# Identifying specific parcel of shares being sold



## Tyche

When I hold several parcels of shares in a particular company - bought at different times and at different prices - I have always chosen which parcel to sell based on maximising my return.   I have not used FIFO or LIFO.

Enter new accountant who says I must use FIFO as I am not able to identify the specific parcel being sold (i.e. I am no longer returning a certificate).   He says the ATO go by the Chess Statement which does not identify specific parcels.

I say I sold e.g. 4000 of the 5000 ABC Co. shares which I purchased on 23rd October 2009 via contract #12345 with Westpac Broking at a cost of $3.78 each plus $24.95 brokerage giving me a cost for the 2000 I'm selling of $7569.98.   That strikes me as pretty solid identification.

I have found the following in the GUIDE TO CAPITAL GAINS TAX 2006   (page37)

_"If you have the relevant records (for example, share certificates), you may be able to identify which particular shares or units you have disposed of. In other cases,* the Commissioner of Taxation will accept your selection of the identity of shares disposed of.*
Alternatively, you may wish to use a ‘first in, first out’ basis where you treat the first shares or units you bought as being the first you disposed of...." _

I have found nothing further in subsequent GUIDES to CGT, but am weary of searching.   
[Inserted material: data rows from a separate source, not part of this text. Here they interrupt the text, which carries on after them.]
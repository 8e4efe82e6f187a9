//! To send, to receive and to close.
ghost use Rattle.std.specs.Prelude.{◌≡◌};
ghost use Rattle.parcel_channel.specs.Hubs.{IsOf, SamePass, seen_by, floor_by};
ghost use Rattle.waiting.specs.Waits.{SendEndsAs, IsReceived, ReceiveEndsAs, SentAsleep, GotAsleep};

use crate::resting::{end_asleep, wake, wake_set};
use co_base::Value;
use parcel_channel::{ParcelGot, ParcelHub, ParcelPass, ParcelSent, ParcelSettled};
use ring_bridge::Bells;
use std::sync::Wait;

/// Why a value was not sent.
#[derive(Drop)]
pub enum SendFault<T> {
    /// The channel is closed with this value; what was to be sent comes back.
    Closed(T, Value),
    /// The channel has no place left.
    Spent(T),
    /// No parcel number is left.
    NoParcel(T),
    /// It was not sent, and its slot held no value.
    Lost,
    /// It waited, and its wait ended so: as `Cancelled` where its channel was cancelled meanwhile.
    Ended(ParcelSettled<T>),
}

/// Why no value was received.
#[derive(Clone, Copy, Debug, PartialEq, Eq)]
pub enum ReceiveFault {
    /// The channel is closed with this value, and nothing is left in it. A channel is closed before it is cancelled, so one that was
    /// cancelled answers this too, and the value is the cause.
    Closed(Value),
    /// The channel has no place left.
    Spent,
    /// The slot of the number that was received held no value.
    Lost,
}

/// How a send ends whose wait ended so.
fn send_end<T>(settled: ParcelSettled<T>) -> Result<(), SendFault<T>>
    ensures ends { SendEndsAs settled result }
{
    match settled {
        ParcelSettled::Sent => Ok(()),
        ParcelSettled::Value(value) => Err(SendFault::Ended(ParcelSettled::Value(value))),
        ParcelSettled::Closed(v) => Err(SendFault::Ended(ParcelSettled::Closed(v))),
        ParcelSettled::Cancelled(value) => Err(SendFault::Ended(ParcelSettled::Cancelled(value))),
        ParcelSettled::Undelivered(value) => Err(SendFault::Ended(ParcelSettled::Undelivered(
            value,
        ))),
        ParcelSettled::Lost => Err(SendFault::Ended(ParcelSettled::Lost)),
    }
}

/// How a receive ends whose wait ended so.
fn receive_end<T>(settled: ParcelSettled<T>) -> Result<T, ReceiveFault>
    requires received { IsReceived settled }
    ensures ends { ReceiveEndsAs settled result }
{
    match settled {
        ParcelSettled::Value(value) => Ok(value),
        ParcelSettled::Closed(v) => Err(ReceiveFault::Closed(v)),
        ParcelSettled::Lost => Err(ReceiveFault::Lost),
        ParcelSettled::Sent => unreachable!(),
        ParcelSettled::Cancelled(_) => unreachable!(),
        ParcelSettled::Undelivered(_) => unreachable!(),
    }
}

/// Sends the value; sleeps while it waits for its receiver.
pub fn send<T, R: Wait>(
    rt: &R,
    hub: &ParcelHub<T>,
    bells: &Bells,
    pass: &mut ParcelPass<T>,
    value: T,
) -> Result<(), SendFault<T>>
    requires of { IsOf hub.now pass.old }
    ensures of { IsOf hub.now pass.new }
    ensures same { SamePass pass.old pass.new }
    ensures sent { SentAsleep hub.now.parcels pass.old.tag value (seen_by pass.old) (seen_by pass.new)
        (floor_by hub.now pass.old) (floor_by hub.now pass.new) result }
{
    match hub.send(pass, value) {
        ParcelSent::Sent(to, admitted) => {
            wake(bells, to, admitted);
            Ok(())
        }
        ParcelSent::Waits(wait, admitted) => {
            wake_set(bells, admitted);
            let settled = end_asleep(rt, hub, bells, pass, wait);
            send_end(settled)
        }
        ParcelSent::Closed(back, v) => Err(SendFault::Closed(back, v)),
        ParcelSent::Spent(back) => Err(SendFault::Spent(back)),
        ParcelSent::NoParcel(back) => Err(SendFault::NoParcel(back)),
        ParcelSent::Lost => Err(SendFault::Lost),
    }
}

/// Receives the next value; sleeps while there is none.
pub fn receive<T, R: Wait>(
    rt: &R,
    hub: &ParcelHub<T>,
    bells: &Bells,
    pass: &mut ParcelPass<T>,
) -> Result<T, ReceiveFault>
    requires of { IsOf hub.now pass.old }
    ensures of { IsOf hub.now pass.new }
    ensures same { SamePass pass.old pass.new }
    ensures got { GotAsleep hub.now.parcels pass.old.tag (seen_by pass.old) (seen_by pass.new)
        (floor_by hub.now pass.old) (floor_by hub.now pass.new) result }
{
    match hub.receive(pass) {
        ParcelGot::Value(value, from, admitted) => {
            wake(bells, from, admitted);
            Ok(value)
        }
        ParcelGot::Waits(wait) => {
            let settled = end_asleep(rt, hub, bells, pass, wait);
            receive_end(settled)
        }
        ParcelGot::Closed(v) => Err(ReceiveFault::Closed(v)),
        ParcelGot::Spent => Err(ReceiveFault::Spent),
        ParcelGot::Lost(from, admitted) => {
            wake(bells, from, admitted);
            Err(ReceiveFault::Lost)
        }
    }
}
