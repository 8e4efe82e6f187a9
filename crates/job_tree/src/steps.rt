//! One step of a call, noted.

ghost use Rattle.std.specs.Prelude.{◌≡◌, ◌≢◌, ◌<◌, ◌≤◌, ℕ, true, [], OnOk, OnErr};
ghost use Rattle.job_model.specs.Floors.{MayCall, HasRoom, Looked};
ghost use Rattle.call_meaning.specs.Seen.{MayCallJob};
ghost use Rattle.job_tree.specs.Callers.{SameCaller, seen, HasRoomForAll, HoldsFor};
ghost use Rattle.job_tree.specs.Notes.{OnlyLooked};
ghost use Rattle.job_tree.specs.Passes.{CancelAnswer, WalkStepAnswer};
ghost use Rattle.job_tree.specs.declared.caller.Reserve.TheVariants.{Before, AsItGoes};

use crate::caller::{JobCaller, Reserve};
use co_base::{Memory, Row, Tag, Wakes};
use job_model::{CancelledNow, JobAct, JobFloor, JobNote, Reason};
use note_book::{Item, NoteBook};

/// Where a walk over the Jobs below another goes from a row.
#[derive(Clone, Copy, Debug, PartialEq, Eq)]
pub(crate) enum WalkStep {
    /// To a row that it did not come to yet.
    To(Row),
    /// Nowhere below this row.
    Over,
    /// Back to the parent: it came to all children.
    Up(Row),
}

/// Makes room for so many entries on Jobs, each noted.
pub fn make_room<F: JobFloor, B: NoteBook>(
    floor: &mut F,
    book: &mut B,
    n: u32,
) -> Result<(), Memory>
    ensures anchor { F.anchor floor.new ≡ F.anchor floor.old }
    ensures items { B.items book.new ≡ B.items book.old }
    ensures floor { OnOk result (HasRoom n (F.view floor.old) (F.view floor.new)) }
    ensures book { OnOk result (n ≤ B.spare book.new) }
    ensures same { OnErr result (F.view floor.new ≡ F.view floor.old) }
{
    if let Err(memory) = book.room(n) {
        return Err(memory);
    }
    if let Err(memory) = floor.room(n) {
        return Err(memory);
    }
    Ok(())
}

/// Makes room for one entry and its note, unless that was made before.
fn room_for_cancel<F: JobFloor, B: NoteBook>(
    floor: &mut F,
    book: &mut B,
    reserve: Reserve,
) -> Result<(), Memory>
    requires floor { reserve ≡ Before → 0 < (F.view floor.old).spare }
    requires book { reserve ≡ Before → 0 < B.spare book.old }
    ensures anchor { F.anchor floor.new ≡ F.anchor floor.old }
    ensures looked { (who : ℕ) → Looked who [] (F.view floor.old) (F.view floor.new) }
    ensures items { B.items book.new ≡ B.items book.old }
    ensures floor_room { OnOk result (0 < (F.view floor.new).spare) }
    ensures book_room { OnOk result (0 < B.spare book.new) }
    ensures memory { OnErr result (reserve ≡ AsItGoes) }
    ensures same_spare { reserve ≡ Before → B.spare book.new ≡ B.spare book.old }
{
    match reserve {
        Reserve::Before => Ok(()),
        Reserve::AsItGoes => match make_room(floor, book, 1) {
            Ok(()) => Ok(()),
            Err(memory) => Err(memory),
        },
    }
}

/// Asks that the coroutine of the Job be polled.
pub fn wake_job<F: JobFloor, W: Wakes>(floor: &mut F, wakes: &mut W, who: Tag, row: Row)
    requires can { MayCall who row (F.view floor.old) }
    ensures anchor { F.anchor floor.new ≡ F.anchor floor.old }
    ensures looked { Looked who [] (F.view floor.old) (F.view floor.new) }
{
    let tag = if row == 0 {
        0
    } else {
        floor.link(who, row).tag
    };
    wakes.wake(tag);
}

impl<F: JobFloor, B: NoteBook, W: Wakes> JobCaller<'_, '_, '_, F, B, W> {
    /// Cancels the Job alone, where it is not Cancelling or ended, and answers whether it did.
    pub(crate) fn cancel_job(
        &mut self,
        row: Row,
        reason: Reason,
        reserve: Reserve,
    ) -> Result<bool, Memory>
        requires can { MayCallJob row (seen F.view B.items self.old) }
        requires reason { HoldsFor row reason (seen F.view B.items self.old) }
        requires room { reserve ≡ Before → HasRoomForAll F.view B.spare self.old }
        ensures same { SameCaller F.anchor self.old self.new }
        ensures answer { CancelAnswer row reason reserve (seen F.view B.items self.old) (seen F.view B.items self.new) result }
        ensures room { reserve ≡ Before → HasRoomForAll F.view B.spare self.new }
    {
        let Some(job) = self.floor.look(self.who, row) else {
            return Ok(false);
        };
        if !job.state.is_cancellable() {
            return Ok(false);
        }
        if let Err(memory) = room_for_cancel(self.floor, self.book, reserve) {
            return Err(memory);
        }
        match self.floor.cancel_one(self.who, row, reason) {
            CancelledNow::Now => {
                let act = JobAct::Cancel { row, reason };
                self.book.note(Item::Job(JobNote::Made(act)));
                wake_job(self.floor, self.wakes, self.who, row);
                Ok(true)
            }
            CancelledNow::Already => Ok(false),
        }
    }

    /// Where a walk that came to this row goes next. `done`: it came to all below the row.
    pub(crate) fn walk_step(&mut self, at: Row, done: bool) -> WalkStep
        requires can { MayCallJob at (seen F.view B.items self.old) }
        requires child { done ≡ true → at ≢ 0 }
        ensures same { SameCaller F.anchor self.old self.new }
        ensures book { self.new.book.now ≡ self.old.book.now }
        ensures looked { OnlyLooked (seen F.view B.items self.old) (seen F.view B.items self.new) }
        ensures answer { WalkStepAnswer at done (seen F.view B.items self.old) (seen F.view B.items self.new) result }
    {
        if done {
            let link = self.floor.link(self.who, at);
            return match link.next {
                Some(next) => WalkStep::To(next),
                None => WalkStep::Up(link.parent),
            };
        }
        let Some(job) = self.floor.look(self.who, at) else {
            return WalkStep::Over;
        };
        match job.first_child {
            Some(child) if !job.state.is_completed() => WalkStep::To(child),
            _ => WalkStep::Over,
        }
    }
}
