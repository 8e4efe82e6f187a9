//! The calls of one coroutine on the tree of Jobs, each noted in its book at once: to cancel a Job and all below it, to pass a failure on
//! to the parents, and to end Jobs from a leaf upwards.
//!
//! They stand over any floor of Jobs, and others may make entries of their own between any two steps. None of them recurses.
//!
//! - `caller`: who calls, and on what
//! - `steps`: one step of a call, noted
//! - `passes`: to cancel a Job and all below it
//! - `failures`: to pass a failure on to the parents
//! - `ends`: to end Jobs, from one upwards
#![tactic(auto)]

mod caller;
mod ends;
mod failures;
mod passes;
mod steps;

pub use caller::{JobCaller, Reserve};
pub use ends::Ends;
pub use passes::Passed;
pub use steps::{make_room, wake_job};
From the above it would seem to me that I am well able to identify the particular shares I am selling, but the Guide continues with an example of "Boris" who 

_"....bought 1,000 shares in WOA Ltd on 1 July 1997. He bought another 3,000 shares in the company on 1 July 2002.
In December 2002, WOA Ltd issued Boris with a CHESS statement for his 4,000 shares. When he sold 1,500 of the shares on 1 January 2006, he was not sure whether they were the shares he bought in 2002 or whether they included the shares bought in 1997.
Because Boris could not identify when he bought the particular shares he sold, he decided to use the ‘first in, first out’ method and nominated the 1,000 shares bought in 1997 plus 500 of the shares bought in 2002._"
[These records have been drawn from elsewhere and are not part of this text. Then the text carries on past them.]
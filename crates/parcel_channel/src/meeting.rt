//! How a channel of owned values is made, and its passes are split, met and ended.
ghost use Rattle.std.specs.Prelude.{◌≡◌, ℕ, ◌≤◌, IfOk, false, [], ◌∷◌, length, slice_index};
ghost use Rattle.worded.specs.Histories.{entries_of};
ghost use Rattle.worded.specs.Views.{has_tag};
ghost use Rattle.cell_words.specs.Hubs.{shape_of};
ghost use Rattle.cell_words.specs.Meetings.{MeetAnswer as NumbersMeet, EndAnswer as NumbersEnd};
ghost use Rattle.parcel_channel.specs.Parcels.{maker};
ghost use Rattle.parcel_channel.specs.Answers.{MeetAnswer, EndAnswer};
ghost use Rattle.parcel_channel.specs.Numbers.{KeepsAll};
ghost use Rattle.parcel_channel.specs.Hubs.{IsOf, IsFirst, SamePass, seen_by, numbers_by};

use crate::hub::{ParcelHub, ParcelPass, ParcelTable};
use crate::seats::{join_to, meet_with, split_off};
use cell_words::Hub;
use channel_model::Kind;
use co_base::{Memory, Tag};
use std::alloc::{AllocError, Global};

/// So many words of 0.
fn zeros(alloc: Global, n: usize) -> Result<Vec<u64>, AllocError>
    ensures count { IfOk result (λ v. length v.items ≡ n) }
    ensures words { IfOk result (λ v. (i : ℕ) → slice_index v.items i ≡ 0) }
{
    Vec::from_elem(alloc, 0u64, n)
}

impl<T> ParcelHub<T> {
    /// A channel of this kind, with so many places and parcel numbers, and the pass of tag 0, which gives out the other tags.
    ///
    /// Example: `three_texts` in `docs/LIBRARY.md`.
    pub fn new(
        alloc: Global,
        kind: Kind,
        places: u32,
        parcels: u32,
    ) -> Result<(ParcelHub<T>, ParcelPass<T>), Memory>
        requires kind { KeepsAll kind }
        requires places { (1 ≤ places) × (places ≤ 1048576) }
        requires parcels { (1 ≤ parcels) × (parcels ≤ 1048576) }
        ensures of { IfOk result (λ r. IsOf r.0 r.1) }
        ensures shape { IfOk result (λ r. shape_of r.0.hub ≡ (kind, places) ∷ []) }
        ensures parcels { IfOk result (λ r. r.0.parcels ≡ parcels) }
        ensures first { IfOk result (λ r. IsFirst r.1 × ((seen_by r.1).given ≡ 0 ∷ []) × ((seen_by r.1).tags ≡ 0 ∷ [])) }
        ensures tag { IfOk result (λ r. r.1.tag ≡ 0) }
        ensures seen { IfOk result (λ r. ((seen_by r.1).seen ≡ []) × ((numbers_by r.1).seen ≡ [])) }
    {
        let kinds = [(kind, places)];
        let (hub, pass) = Hub::new(alloc, &kinds)?;
        let words = zeros(alloc, 1 + parcels as usize)?;
        let room = Vec::with_capacity(alloc, parcels as usize)?;
        match ParcelTable::<T>::vacant(alloc, words.as_slice(), parcels as usize, &parcels) {
            Ok((table, seat)) => Ok((
                ParcelHub {
                    table,
                    parcels,
                    hub,
                    room,
                },
                ParcelPass { seat, pass, tag: 0 },
            )),
            Err(_) => {
                room.destroy_empty();
                Err(Memory)
            }
        }
    }

    /// A pass of a tag that was not given out before. It has seen what the first pass has seen, and has made no entry.
    ///
    /// Example: `three_texts` in `docs/LIBRARY.md`.
    pub fn split(&self, pass: &mut ParcelPass<T>, tag: Tag) -> ParcelPass<T>
        requires of { IsOf self.now pass.old }
        requires first { IsFirst pass.old }
        requires new { has_tag tag (seen_by pass.old).given ≡ false }
        ensures of { IsOf self.now pass.new × IsOf self.now result }
        ensures first { IsFirst pass.new × ((seen_by pass.new).given ≡ tag ∷ (seen_by pass.old).given) }
        ensures tags { (pass.new.tag ≡ pass.old.tag) × (result.tag ≡ tag) }
        ensures callers { ((seen_by pass.new).tags ≡ (seen_by pass.old).tags) × ((seen_by result).tags ≡ tag ∷ []) }
        ensures same { ((seen_by pass.new).seen ≡ (seen_by pass.old).seen) × ((numbers_by pass.new).seen ≡ (numbers_by pass.old).seen) }
        ensures sees { ((seen_by result).seen ≡ (seen_by pass.old).seen) × ((numbers_by result).seen ≡ (numbers_by pass.old).seen) }
        ensures none { entries_of maker tag (seen_by result).seen ≡ [] }
    {
        let seat = split_off(&self.table.shared, &mut pass.seat, tag as u64);
        let other = self.hub.split(&mut pass.pass, tag);
        ParcelPass {
            seat,
            pass: other,
            tag,
        }
    }

    /// Afterwards `a` has seen all that `b` had seen, of values and of numbers.
    pub fn meet(&self, a: &mut ParcelPass<T>, b: &mut ParcelPass<T>)
        requires a { IsOf self.now a.old }
        requires b { IsOf self.now b.old }
        ensures a { IsOf self.now a.new }
        ensures b { IsOf self.now b.new }
        ensures same { SamePass a.old a.new × SamePass b.old b.new }
        ensures values { MeetAnswer (seen_by a.old) (seen_by b.old) (seen_by a.new) }
        ensures numbers { NumbersMeet (numbers_by a.old) (numbers_by b.old) (numbers_by a.new) }
        ensures other { (seen_by b.new ≡ seen_by b.old) × (numbers_by b.new ≡ numbers_by b.old) }
    {
        meet_with(&self.table.shared, &mut a.seat, &mut b.seat);
        self.hub.meet(&mut a.pass, &mut b.pass)
    }

    /// `main` takes in what another pass has seen of values and of numbers, and its tags.
    ///
    /// Example: `left_over` in `docs/LIBRARY.md`.
    pub fn end(&self, main: &mut ParcelPass<T>, pass: ParcelPass<T>)
        requires main { IsOf self.now main.old }
        requires pass { IsOf self.now pass }
        ensures main { IsOf self.now main.new }
        ensures same { main.new.tag ≡ main.old.tag }
        ensures first { IsFirst main.old → IsFirst main.new }
        ensures values { EndAnswer (seen_by main.old) (seen_by pass) (seen_by main.new) }
        ensures numbers { NumbersEnd (numbers_by main.old) (numbers_by pass) (numbers_by main.new) }
    {
        let ParcelPass {
            seat,
            pass: other,
            tag: _,
        } = pass;
        join_to(&self.table.shared, &mut main.seat, seat);
        self.hub.end(&mut main.pass, other)
    }
}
What do they mean "_Boris could not identify when he bought the particular shares he sold"   " ...nominated the 1,000 shares bought in 1997_"   To calculate the capital gains tax owed he must know the date of purchase and the cost, and if that doesn't identify each parcel owned - what does?

If I accept the accountant's interpretation, I should contact the ATO and advise them that I am adjusting my tax returns (personal, discretionary trust and SMSF) going back (how many?) years.   Not only does the Capital gains tax payable alter drastically if FIFO is applied, but all dividends will need to be reexamined in the light of the 45 day rule disallowing imputation credits.   I'll often buy an extra parcel to ride the run up to dividend and sell on the last day cum div.   I'm certainly not going to sell before exdiv day a parcel I've held longterm which is entitled to the imputation credits when I've bought a parcel specifically for the short term gain and am selling it cum div. 

Have there been changes since the 2006 Guide?

Can anyone make sense of Boris's inability to identify the particular shares he sold, and why he could not as well have nominated the 1500 shares as being from his 2002 purchase?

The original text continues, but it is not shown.